By the time I approached the southern region of Mykolaiv, night had come, bringing with it an all-enveloping curtain of black. Each successive dip and crevice the pickup bounced across on the now hidden road felt as though it would open into a crater and drop me into the bowels of the earth.
I’d been on the road for hours, having left Kyiv with an eventual endpoint at the recently liberated city of Kherson. Despite never having visited this part of Ukraine, monotony had set in shortly after the sun had set and continued as mile after mile turned on the odometer. A lack of street lights, or any lights, emitting from the scattered villages along the route was yet another indicator of the terrorism the invaders had inflicted upon the Ukrainian populace. Soon, the sameness and the darkness were pierced by blinking hazard lights ahead, indicating a slowdown. Thinking it was a checkpoint, I pulled the password up and turned off my headlights.
The stoppage wasn’t for any reason I would have expected. Police cars fully blocked one lane and most of the other, along with the entrance to a gas station. At the station’s opening, a body splayed on the ground, half of it on the asphalt road, half on the concrete ingress. As we waited to pass, the police covered the now lifeless person with an all-too-familiar white cloth, a now common accessory in the war of Russian aggression. The victim had simply been walking to their home just a quarter mile away when a car hit them.
This was not an auto accident. This was a death caused by the direct actions of the Russian war criminals. The person killed is now another eternal hero of Ukraine.
The country has too many eternal heroes. Too many are dying while defending the values of liberty and the goal of independence. Too many are dying defending themselves and their neighbors from potential enslavement at the hands of a diminutive dictator from St. Petersburg. Dying because they lived in Ukraine.
In the war zone for nearly 11 months, as a journalist, volunteer, and soldier, I have seen death in every form. I’ve seen enough carnage to last a lifetime, and yet the toll mounts. As President Zelenskyy’s peace plan strives for, we must work towards making every death the last death.
In giving service to a flag, to a nation, to the core building blocks of freedom, soldiers are often given tasks that aren’t easy but that they are called to perform. The moment has arrived for me to perform the duty asked of me. After months of being focused on communications, analysis, lobbying, and information warfare for the Armed Forces of Ukraine, my time has arrived to serve on the front.

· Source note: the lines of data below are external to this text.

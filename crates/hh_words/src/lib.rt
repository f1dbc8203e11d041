//! The words of a command line: which command they are.
//!
//! `read_words` gives the command of a line with its values. `take_options` takes the options off
//! first, and `with_key` puts the key of a file in the place of the file's name. Which words form a
//! command is defined over what the toolchain's crate `clap` states of itself: `settle_app` names
//! for each command its words, which of them have to be there, and the values that count if none is
//! given. For words in which `clap` finds a fault the text is that of `clap`. The texts for help
//! and for wrong words are only tested.
#![tactic(auto)]

mod database;
mod given;
mod grammar;
mod key_files;
mod options;
mod values;
mod words;
mod wrong;

pub use database::{DatabaseTask, DatabaseWords, LoadWords, ReportWords, RunWords, ServeWords};
pub use key_files::{file_with_key, key_in_file, with_key};
pub use options::{Options, take_options};
pub use words::{
    Command, PeriodWords, ScriptWords, USAGE, VERSION, WordsFault, asks_version, read_words,
};
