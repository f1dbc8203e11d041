//! The options that are removed from the words before `clap` reads them.

ghost use Rattle.std.specs.Prelude.{◌≡◌, ◌++◌, ◌∷◌, [], IfOk, OnOk, false, map, string_bytes, true};
ghost use Rattle.std.specs.Str.{bytes_eq};
ghost use Rattle.hh_words.specs.Options.{asks_explain, asks_strict, has_option, is_script, is_taken, without, words_left};
ghost use Rattle.hh_words.specs.PlainWords.{has_no_option};

use std::alloc::{AllocError, Global};

/// What the options that are removed from the words ask for.
#[derive(Clone, Copy, Debug, PartialEq, Eq)]
pub struct Options {
    /// Whether refusals are explained.
    pub explain: bool,
    /// Whether a script stops at the first line that is refused or fails.
    pub strict: bool,
}

/// Removes `--explain` from a line of words, which begins with the program's own name, and `--strict` if
/// the command is `script`. From a word `--` on, all words are kept.
pub fn take_options(alloc: Global, words: &[String]) -> Result<(Options, Vec<String>), AllocError>
    ensures explain { IfOk result (λ taken.
        taken.0.explain ≡ asks_explain (map string_bytes words.now)) }
    ensures strict { IfOk result (λ taken.
        taken.0.strict ≡ asks_strict (map string_bytes words.now)) }
    ensures words { IfOk result (λ taken.
        map string_bytes taken.1.items ≡ words_left (map string_bytes words.now)) }

    // Words without these options are kept as they are.
    ensures plain { has_no_option (map string_bytes words.now) ≡ true → IfOk result (λ taken.
        (taken.0.explain ≡ false) × (taken.0.strict ≡ false)
        × (map string_bytes taken.1.items ≡ map string_bytes words.now)) }
{
    let mut left = Vec::new(alloc);
    let Some((name, rest)) = words.split_first() else {
        return Ok((
            Options {
                explain: false,
                strict: false,
            },
            left,
        ));
    };
    let script = is_script(rest);
    let options = Options {
        explain: has_option(rest, "--explain"),
        strict: script && has_option(rest, "--strict"),
    };
    push_word(alloc, &mut left, name.as_str())?;
    push_without(alloc, &mut left, rest, script)?;
    Ok((options, left))
}

/// Whether the command is `script`, given the words after the program's own name.
fn is_script(words: &[String]) -> bool
    ensures { result ≡ is_script (map string_bytes words.now) }
{
    let mut rest = words;
    while let Some((word, behind)) = rest.split_first() {
        if word.as_str() != "--explain" {
            return word.as_str() == "script";
        }
        rest = behind;
    }
    false
}

/// Whether words include an option before a word `--`.
fn has_option(words: &[String], option: &str) -> bool
    ensures { result ≡ has_option (λ word. bytes_eq word option.now) (map string_bytes words.now) }
{
    let mut rest = words;
    while let Some((word, behind)) = rest.split_first() {
        if word.as_str() == "--" {
            return false;
        }
        if word.as_str() == option {
            return true;
        }
        rest = behind;
    }
    false
}

/// Adds the words, except for those that are removed.
fn push_without(
    alloc: Global,
    left: &mut Vec<String>,
    words: &[String],
    script: bool,
) -> Result<(), AllocError>
    ensures { OnOk result (map string_bytes left.new.items ≡ map string_bytes left.old.items
        ++ without (is_taken script) (map string_bytes words.now)) }
{
    let mut rest = words;
    while let Some((word, behind)) = rest.split_first() {
        if word.as_str() == "--" {
            return push_all(alloc, left, rest);
        }
        if !is_taken(word.as_str(), script) {
            push_word(alloc, left, word.as_str())?;
        }
        rest = behind;
    }
    Ok(())
}

/// Whether a word is removed that comes before any word `--`.
fn is_taken(word: &str, script: bool) -> bool
    ensures { result ≡ is_taken script word.now }
{
    word == "--explain" || (script && word == "--strict")
}

/// Adds words as they are.
pub(crate) fn push_all(
    alloc: Global,
    left: &mut Vec<String>,
    words: &[String],
) -> Result<(), AllocError>
    ensures { OnOk result (map string_bytes left.new.items
        ≡ map string_bytes left.old.items ++ map string_bytes words.now) }
{
    for word in words {
        push_word(alloc, left, word.as_str())?;
    }
    Ok(())
}

/// Adds a word as it is.
pub(crate) fn push_word(alloc: Global, left: &mut Vec<String>, word: &str) -> Result<(), AllocError>
    ensures { OnOk result (map string_bytes left.new.items
        ≡ map string_bytes left.old.items ++ word.now ∷ []) }
{
    left.push(String::from_str(alloc, word)?)?;
    Ok(())
}
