//! The values that a subcommand was given, each read by its grammar.

ghost use Rattle.std.specs.Prelude.{◌≡◌, option_map};
ghost use Rattle.std.specs.Option.{option_copied};
ghost use Rattle.clap.specs.Words.{first_of, found_of, rows_of};
ghost use Rattle.hh_words.specs.Given.{count_given, given_key, given_moment, given_settings, minutes_given};

use clap::ArgMatches;
use hh_names::OperatorKey;
use hh_rows::{LeadMinutes, Settings};
use hh_word_values::{MOST_CONNECTIONS, read_count, read_moment, read_shown_key};

/// The text that a subcommand was given under a name.
pub(crate) fn value_of<'a>(given: &ArgMatches<'a>, name: &str) -> Option<&'a str>
    ensures { option_map (λ text. text.now) result
        ≡ first_of name.now (rows_of (found_of given.now)) }
{
    given.get_str(name)
}

/// The settings of a new office.
pub(crate) fn settings_of(given: &ArgMatches<'_>) -> Option<Settings>
    ensures { result ≡ given_settings (rows_of (found_of given.now)) }
{
    Some(Settings {
        operator_key: OperatorKey::read(value_of(given, "operator-key")?.as_bytes())?,
        lead_minutes: minutes_of(value_of(given, "lead-minutes"))?,
    })
}

/// The minutes that were given, or the usual ones if none were.
fn minutes_of(text: Option<&str>) -> Option<LeadMinutes>
    ensures { result ≡ minutes_given (option_map (λ text. text.now) text.entry) }
{
    match text {
        Some(text) => LeadMinutes::read(text.as_bytes()),
        None => Some(LeadMinutes::default()),
    }
}

/// The key that is shown.
pub(crate) fn key_of<'a>(given: &ArgMatches<'a>) -> Option<&'a [u8]>
    ensures { option_copied result ≡ given_key (rows_of (found_of given.now)) }
{
    read_shown_key(value_of(given, "key")?.as_bytes())
}

/// The moment that was given, if one was. The outer value is `None` if it is off its grammar.
pub(crate) fn moment_of(given: &ArgMatches<'_>) -> Option<Option<i64>>
    ensures { result ≡ given_moment (rows_of (found_of given.now)) }
{
    match value_of(given, "at") {
        Some(text) => Some(Some(read_moment(text.as_bytes())?)),
        None => Some(None),
    }
}

/// The count of connections that was given, or the greatest if none was.
pub(crate) fn count_of(text: Option<&str>) -> Option<u32>
    ensures { result ≡ count_given (option_map (λ text. text.now) text.entry) }
{
    match text {
        Some(text) => read_count(text.as_bytes()),
        None => Some(MOST_CONNECTIONS),
    }
}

Days after seeing the civilian lying on the road, I was invited to join a unit as a senior combat medic. This unit - my new unit - is engaged in battle at an eastern axis point and will be upon my arrival. I’ve been at the zero line on several previous occasions, spending time at what others refer to as the front. Though I feel ready in a theoretical sense for my upcoming deployment, in reality, I’m certain no experience of mine has properly prepared me for what I’m about to encounter.
As we push forward toward victory, and I carry out my duties as a soldier, as a medic, as a proud American who believes in the rule of law, and as a global citizen serving the flag of Ukraine, I’m not scared of the unknown, nor fearful of what is ahead. Instead, my service is driven by a commitment to democracy and the understanding that defeating Putin and helping Ukrainians around the world achieve their dual goals of total victory and peace is both an honor and a privilege. When victory arrives, and peace follows, so too will the fulfillment of my dream that the next war-related death is the last death coming from Putin’s evil acts.